ACTIVITY:
Every line of the records counts; transcribe each one exactly.

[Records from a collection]

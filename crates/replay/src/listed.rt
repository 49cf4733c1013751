//! A table's segments as a list of records.
ghost use Rattle.std.specs.Prelude.{◌≡◌, ◌+◌, ◌*◌, ◌≤◌, length};
ghost use Rattle.table.specs.Layout.{segment_words, segment_stamps, words_at, stamps_at};
ghost use Rattle.records.specs.Segments.{stamps_of};
ghost use Rattle.replay.specs.Listed.{HasWords};

use crate::case::Fault;
use records::TrimSegment;
use std::alloc::Global;
use table::layout::{STAMPS, WORDS};

// Record k of the words.
fn record_at(words: &[u64], stamps: &[i64], k: usize) -> TrimSegment
    requires { (k * segment_words + segment_words ≤ length words.now)
        × (k * segment_stamps + segment_stamps ≤ length stamps.now) }
    ensures { HasWords result (words_at words.now k) × (stamps_of result ≡ stamps_at stamps.now k) }
{
    let first_word = k * WORDS;
    let first_stamp = k * STAMPS;
    TrimSegment {
        source: words[first_word],
        src_first_frame: words[first_word + 1],
        frame_count: words[first_word + 2],
        out_first_frame: words[first_word + 3],
        src_start_us: stamps[first_stamp],
        out_start_us: stamps[first_stamp + 1],
        duration_us: stamps[first_stamp + 2],
        src_capture_start_us: stamps[first_stamp + 3],
        out_capture_start_us: stamps[first_stamp + 4],
        capture_duration_us: stamps[first_stamp + 5],
        shift_present: words[first_word + 4] == 1,
        clock_shift: stamps[first_stamp + 6],
    }
}

/// The records of the words, which are malformed where they aren't whole records, each with a flag
/// of 0 or 1.
pub fn records_of(alloc: Global, words: &[u64], stamps: &[i64]) -> Result<Vec<TrimSegment>, Fault> {
    let count = words.len() / WORDS;
    if words.len() != count * WORDS
        || stamps.len() / STAMPS != count
        || stamps.len() % STAMPS != 0
    {
        return Err(Fault::Malformed);
    }
    let mut list = Vec::new(alloc);
    for k in 0..count {
        if 1 < words[k * WORDS + 4] {
            return Err(Fault::Malformed);
        }
        list.push(record_at(words, stamps, k))?;
    }
    Ok(list)
}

TASK OUTPUT:
filename crates/replay/src/listed.rt
repository 49cf4733c1013751
//! A table's segments as a list of records.
ghost use Rattle.std.specs.Prelude.{◌≡◌, ◌+◌, ◌*◌, ◌≤◌, length};
ghost use Rattle.table.specs.Layout.{segment_words, segment_stamps, words_at, stamps_at};
ghost use Rattle.records.specs.Segments.{stamps_of};
ghost use Rattle.replay.specs.Listed.{HasWords};

use crate::case::Fault;
use records::TrimSegment;
use std::alloc::Global;
use table::layout::{STAMPS, WORDS};

// Record k of the words.
fn record_at(words: &[u64], stamps: &[i64], k: usize) -> TrimSegment
    requires { (k * segment_words + segment_words ≤ length words.now)
        × (k * segment_stamps + segment_stamps ≤ length stamps.now) }
    ensures { HasWords result (words_at words.now k) × (stamps_of result ≡ stamps_at stamps.now k) }
{
    let first_word = k * WORDS;
    let first_stamp = k * STAMPS;
    TrimSegment {
        source: words[first_word],
        src_first_frame: words[first_word + 1],
        frame_count: words[first_word + 2],
        out_first_frame: words[first_word + 3],
        src_start_us: stamps[first_stamp],
        out_start_us: stamps[first_stamp + 1],
        duration_us: stamps[first_stamp + 2],
        src_capture_start_us: stamps[first_stamp + 3],
        out_capture_start_us: stamps[first_stamp + 4],
        capture_duration_us: stamps[first_stamp + 5],
        shift_present: words[first_word + 4] == 1,
        clock_shift: stamps[first_stamp + 6],
    }
}

/// The records of the words, which are malformed where they aren't whole records, each with a flag
/// of 0 or 1.
pub fn records_of(alloc: Global, words: &[u64], stamps: &[i64]) -> Result<Vec<TrimSegment>, Fault> {
    let count = words.len() / WORDS;
    if words.len() != count * WORDS
        || stamps.len() / STAMPS != count
        || stamps.len() % STAMPS != 0
    {
        return Err(Fault::Malformed);
    }
    let mut list = Vec::new(alloc);
    for k in 0..count {
        if 1 < words[k * WORDS + 4] {
            return Err(Fault::Malformed);
        }
        list.push(record_at(words, stamps, k))?;
    }
    Ok(list)
}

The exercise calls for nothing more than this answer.